Ярко вспыхнула черная долина, поднимая со дна лабиринты на одно мгновение и переворачивая плотину вверх дном. Дома, площади, улицы...
Открывающий глянул себе под ноги. Змеи волос стремительно опадали, возвращая ему столь странный, но уже привычный вид. Змеились, растворяясь в мире, вплетались в окружающее, впитывались им.
— Повелитель, — Тайлэ склонился, протягивая вперед левую руку ладонью вверх. Вытянутые пальцы чуть вздрогнули. Ожидание и напряженный звон зеркал, которые отражали другие жемчужины жизни.
Ктулху никогда не открывал сердца. Но теперь его суть стала нитями. И рисунками на ладони аффы. Миг, чтобы узреть всю картину бытия и вновь оказаться на дне океана.
Вернулись цветы. Вернулась голубая вода. Исчез только черный король.
— Мий, — плачущий Цийкон сидел теперь на одной из скал и жевал какую-то неизвестно найденную гадость. — Мий, вернись...
Тайлэ смотрел на ладонь. Новый виток. Теперь можно не просто открывать пути. Переплетать их, объединять. Ожерелье должно расти, оно не должно замкнуться. "Гнейтта..."
Открывающий поднял голову. Грани мирно стояли на местах, незыблемо, как им и положено. Надолго ли? Скорее всего — нет. Черный король выбрал путь, но сможет ли пройти до конца? Стать собой настоящим непросто...
— Цийкон! — Тайлэ переместился к молодому аффе. Открывающий казался равнодушным ко всему, как и раньше, до смерти. — Плети связь. Я проведу.
Тот посинел лишь сильнее. Горечь чувствовалась в воде вокруг.

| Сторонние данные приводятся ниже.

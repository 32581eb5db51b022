//! Addresses of the internet protocol and networks of them.
#![tactic(auto)]

mod address;
mod laws;
mod network;
mod parts;

pub use address::Ip;
pub use laws::addresses_are_read_from_their_spellings;
pub use network::{Net, allowed};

— Наверняка, убили... Драконы... Ты видел же, что здесь происходило. Это не иллюзии, — становясь подростком, аффа не мог контролировать эмоции, а переживания делали его растерянным ребенком. — Я ни разу не плел, — признался он и опустил глаза.
— Плети, иначе больше не увидишь, — раздался абсолютно бесчувственный голос Открывающего. Если Цийкон сейчас не сможет собраться и позвать Мия, их пару придется разрушить. — Плети, — щупальца скользнули по телу молодого аффы, впиваясь жалами, обвивая жадно и требовательно.
Это оказалось больно. Обида ударила в мозг. Одно дело игры, а другое — делать то, чего никогда и не пробовал. Но Раймийен — золотистое чудо, которое так хочется обнимать... Щупальца шевельнулись, как только в голове четко сформировался образ червича.
И Цийкон последовал за своим ведением, словно приближал того. Беспокойство еще гнездилось в области сердца. Ведь именно здесь должен был прятаться Мий от мести Черного короля. "Где ты? Я иду..." — аффа нарисовал свой первый рисунок в жизни, неловкую и смешную ниточку, похожую на его первую любовь.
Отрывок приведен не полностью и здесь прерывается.